### Work instruction:
The full set of records is to be reproduced verbatim.

### Data excerpts:

=== Begin Enclosure ===

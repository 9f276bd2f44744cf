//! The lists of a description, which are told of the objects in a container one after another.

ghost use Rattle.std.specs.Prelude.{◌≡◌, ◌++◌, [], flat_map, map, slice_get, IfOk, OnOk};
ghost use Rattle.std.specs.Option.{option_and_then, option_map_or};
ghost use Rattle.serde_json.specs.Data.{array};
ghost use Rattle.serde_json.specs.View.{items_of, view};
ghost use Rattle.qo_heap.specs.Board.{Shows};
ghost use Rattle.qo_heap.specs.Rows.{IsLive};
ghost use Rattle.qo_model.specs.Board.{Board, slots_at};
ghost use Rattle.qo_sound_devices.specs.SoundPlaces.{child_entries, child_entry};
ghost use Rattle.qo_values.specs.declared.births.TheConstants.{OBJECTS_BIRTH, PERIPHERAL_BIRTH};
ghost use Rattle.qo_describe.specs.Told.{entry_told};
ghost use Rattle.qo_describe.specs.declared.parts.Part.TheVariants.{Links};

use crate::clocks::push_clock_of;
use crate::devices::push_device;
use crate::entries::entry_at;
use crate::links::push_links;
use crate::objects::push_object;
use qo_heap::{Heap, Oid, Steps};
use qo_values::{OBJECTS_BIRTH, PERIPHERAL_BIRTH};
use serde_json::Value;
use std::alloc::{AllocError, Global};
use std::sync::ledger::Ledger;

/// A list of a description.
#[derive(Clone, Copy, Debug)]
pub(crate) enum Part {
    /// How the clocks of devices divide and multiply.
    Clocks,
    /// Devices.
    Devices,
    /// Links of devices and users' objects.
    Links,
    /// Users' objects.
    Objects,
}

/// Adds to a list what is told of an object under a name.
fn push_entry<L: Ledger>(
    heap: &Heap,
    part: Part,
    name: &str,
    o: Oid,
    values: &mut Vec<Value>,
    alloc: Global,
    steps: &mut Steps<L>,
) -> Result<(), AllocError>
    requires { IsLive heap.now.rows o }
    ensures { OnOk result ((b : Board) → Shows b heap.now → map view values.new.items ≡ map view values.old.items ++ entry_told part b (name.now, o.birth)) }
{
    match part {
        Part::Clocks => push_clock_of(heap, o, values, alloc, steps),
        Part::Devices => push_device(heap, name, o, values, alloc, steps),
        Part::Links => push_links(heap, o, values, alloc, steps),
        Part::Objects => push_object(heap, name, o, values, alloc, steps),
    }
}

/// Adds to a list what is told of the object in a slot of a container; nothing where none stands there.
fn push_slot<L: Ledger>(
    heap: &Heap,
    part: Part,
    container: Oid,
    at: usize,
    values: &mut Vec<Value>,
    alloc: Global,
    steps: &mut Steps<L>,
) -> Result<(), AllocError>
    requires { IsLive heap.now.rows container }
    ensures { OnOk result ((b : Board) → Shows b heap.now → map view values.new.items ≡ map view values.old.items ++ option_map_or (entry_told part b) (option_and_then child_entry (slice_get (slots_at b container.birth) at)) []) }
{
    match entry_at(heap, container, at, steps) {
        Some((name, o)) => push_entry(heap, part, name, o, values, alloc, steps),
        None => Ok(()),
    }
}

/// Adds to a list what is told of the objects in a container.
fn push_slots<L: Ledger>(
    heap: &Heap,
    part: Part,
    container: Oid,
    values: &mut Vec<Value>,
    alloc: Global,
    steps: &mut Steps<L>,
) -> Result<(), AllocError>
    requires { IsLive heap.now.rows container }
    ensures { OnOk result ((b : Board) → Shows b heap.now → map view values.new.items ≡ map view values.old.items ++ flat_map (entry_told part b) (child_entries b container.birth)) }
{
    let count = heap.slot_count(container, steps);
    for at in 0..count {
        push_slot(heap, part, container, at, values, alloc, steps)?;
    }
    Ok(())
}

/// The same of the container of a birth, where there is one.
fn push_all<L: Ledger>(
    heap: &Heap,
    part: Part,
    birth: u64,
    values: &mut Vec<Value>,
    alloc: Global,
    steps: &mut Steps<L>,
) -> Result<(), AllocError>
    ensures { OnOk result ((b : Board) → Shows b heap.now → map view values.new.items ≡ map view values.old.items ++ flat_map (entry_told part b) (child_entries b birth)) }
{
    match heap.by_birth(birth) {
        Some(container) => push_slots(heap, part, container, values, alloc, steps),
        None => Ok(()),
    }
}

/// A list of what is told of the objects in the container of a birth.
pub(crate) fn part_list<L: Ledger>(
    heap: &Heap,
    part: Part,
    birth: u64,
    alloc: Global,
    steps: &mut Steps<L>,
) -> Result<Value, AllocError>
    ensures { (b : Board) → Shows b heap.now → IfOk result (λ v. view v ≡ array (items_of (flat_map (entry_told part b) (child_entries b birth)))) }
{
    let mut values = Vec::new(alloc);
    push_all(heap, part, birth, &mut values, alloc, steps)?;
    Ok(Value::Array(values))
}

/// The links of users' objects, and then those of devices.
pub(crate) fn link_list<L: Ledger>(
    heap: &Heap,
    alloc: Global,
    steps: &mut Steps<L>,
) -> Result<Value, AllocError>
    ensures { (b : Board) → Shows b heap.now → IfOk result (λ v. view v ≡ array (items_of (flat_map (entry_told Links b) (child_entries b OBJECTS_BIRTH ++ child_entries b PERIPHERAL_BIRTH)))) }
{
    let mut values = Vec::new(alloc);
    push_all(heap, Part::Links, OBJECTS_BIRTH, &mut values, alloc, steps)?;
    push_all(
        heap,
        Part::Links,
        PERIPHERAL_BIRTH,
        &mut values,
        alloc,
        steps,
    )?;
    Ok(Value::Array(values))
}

=== End Enclosure ===

### Solution to this task:
repository 9f276bd2f44744cf
//! The lists of a description, which are told of the objects in a container one after another.

ghost use Rattle.std.specs.Prelude.{◌≡◌, ◌++◌, [], flat_map, map, slice_get, IfOk, OnOk};
ghost use Rattle.std.specs.Option.{option_and_then, option_map_or};
ghost use Rattle.serde_json.specs.Data.{array};
ghost use Rattle.serde_json.specs.View.{items_of, view};
ghost use Rattle.qo_heap.specs.Board.{Shows};
ghost use Rattle.qo_heap.specs.Rows.{IsLive};
ghost use Rattle.qo_model.specs.Board.{Board, slots_at};
ghost use Rattle.qo_sound_devices.specs.SoundPlaces.{child_entries, child_entry};
ghost use Rattle.qo_values.specs.declared.births.TheConstants.{OBJECTS_BIRTH, PERIPHERAL_BIRTH};
ghost use Rattle.qo_describe.specs.Told.{entry_told};
ghost use Rattle.qo_describe.specs.declared.parts.Part.TheVariants.{Links};

use crate::clocks::push_clock_of;
use crate::devices::push_device;
use crate::entries::entry_at;
use crate::links::push_links;
use crate::objects::push_object;
use qo_heap::{Heap, Oid, Steps};
use qo_values::{OBJECTS_BIRTH, PERIPHERAL_BIRTH};
use serde_json::Value;
use std::alloc::{AllocError, Global};
use std::sync::ledger::Ledger;

/// A list of a description.
#[derive(Clone, Copy, Debug)]
pub(crate) enum Part {
    /// How the clocks of devices divide and multiply.
    Clocks,
    /// Devices.
    Devices,
    /// Links of devices and users' objects.
    Links,
    /// Users' objects.
    Objects,
}

/// Adds to a list what is told of an object under a name.
fn push_entry<L: Ledger>(
    heap: &Heap,
    part: Part,
    name: &str,
    o: Oid,
    values: &mut Vec<Value>,
    alloc: Global,
    steps: &mut Steps<L>,
) -> Result<(), AllocError>
    requires { IsLive heap.now.rows o }
    ensures { OnOk result ((b : Board) → Shows b heap.now → map view values.new.items ≡ map view values.old.items ++ entry_told part b (name.now, o.birth)) }
{
    match part {
        Part::Clocks => push_clock_of(heap, o, values, alloc, steps),
        Part::Devices => push_device(heap, name, o, values, alloc, steps),
        Part::Links => push_links(heap, o, values, alloc, steps),
        Part::Objects => push_object(heap, name, o, values, alloc, steps),
    }
}

/// Adds to a list what is told of the object in a slot of a container; nothing where none stands there.
fn push_slot<L: Ledger>(
    heap: &Heap,
    part: Part,
    container: Oid,
    at: usize,
    values: &mut Vec<Value>,
    alloc: Global,
    steps: &mut Steps<L>,
) -> Result<(), AllocError>
    requires { IsLive heap.now.rows container }
    ensures { OnOk result ((b : Board) → Shows b heap.now → map view values.new.items ≡ map view values.old.items ++ option_map_or (entry_told part b) (option_and_then child_entry (slice_get (slots_at b container.birth) at)) []) }
{
    match entry_at(heap, container, at, steps) {
        Some((name, o)) => push_entry(heap, part, name, o, values, alloc, steps),
        None => Ok(()),
    }
}

/// Adds to a list what is told of the objects in a container.
fn push_slots<L: Ledger>(
    heap: &Heap,
    part: Part,
    container: Oid,
    values: &mut Vec<Value>,
    alloc: Global,
    steps: &mut Steps<L>,
) -> Result<(), AllocError>
    requires { IsLive heap.now.rows container }
    ensures { OnOk result ((b : Board) → Shows b heap.now → map view values.new.items ≡ map view values.old.items ++ flat_map (entry_told part b) (child_entries b container.birth)) }
{
    let count = heap.slot_count(container, steps);
    for at in 0..count {
        push_slot(heap, part, container, at, values, alloc, steps)?;
    }
    Ok(())
}

/// The same of the container of a birth, where there is one.
fn push_all<L: Ledger>(
    heap: &Heap,
    part: Part,
    birth: u64,
    values: &mut Vec<Value>,
    alloc: Global,
    steps: &mut Steps<L>,
) -> Result<(), AllocError>
    ensures { OnOk result ((b : Board) → Shows b heap.now → map view values.new.items ≡ map view values.old.items ++ flat_map (entry_told part b) (child_entries b birth)) }
{
    match heap.by_birth(birth) {
        Some(container) => push_slots(heap, part, container, values, alloc, steps),
        None => Ok(()),
    }
}

/// A list of what is told of the objects in the container of a birth.
pub(crate) fn part_list<L: Ledger>(
    heap: &Heap,
    part: Part,
    birth: u64,
    alloc: Global,
    steps: &mut Steps<L>,
) -> Result<Value, AllocError>
    ensures { (b : Board) → Shows b heap.now → IfOk result (λ v. view v ≡ array (items_of (flat_map (entry_told part b) (child_entries b birth)))) }
{
    let mut values = Vec::new(alloc);
    push_all(heap, part, birth, &mut values, alloc, steps)?;
    Ok(Value::Array(values))
}

/// The links of users' objects, and then those of devices.
pub(crate) fn link_list<L: Ledger>(
    heap: &Heap,
    alloc: Global,
    steps: &mut Steps<L>,
) -> Result<Value, AllocError>
    ensures { (b : Board) → Shows b heap.now → IfOk result (λ v. view v ≡ array (items_of (flat_map (entry_told Links b) (child_entries b OBJECTS_BIRTH ++ child_entries b PERIPHERAL_BIRTH)))) }
{
    let mut values = Vec::new(alloc);
    push_all(heap, Part::Links, OBJECTS_BIRTH, &mut values, alloc, steps)?;
    push_all(
        heap,
        Part::Links,
        PERIPHERAL_BIRTH,
        &mut values,
        alloc,
        steps,
    )?;
    Ok(Value::Array(values))
}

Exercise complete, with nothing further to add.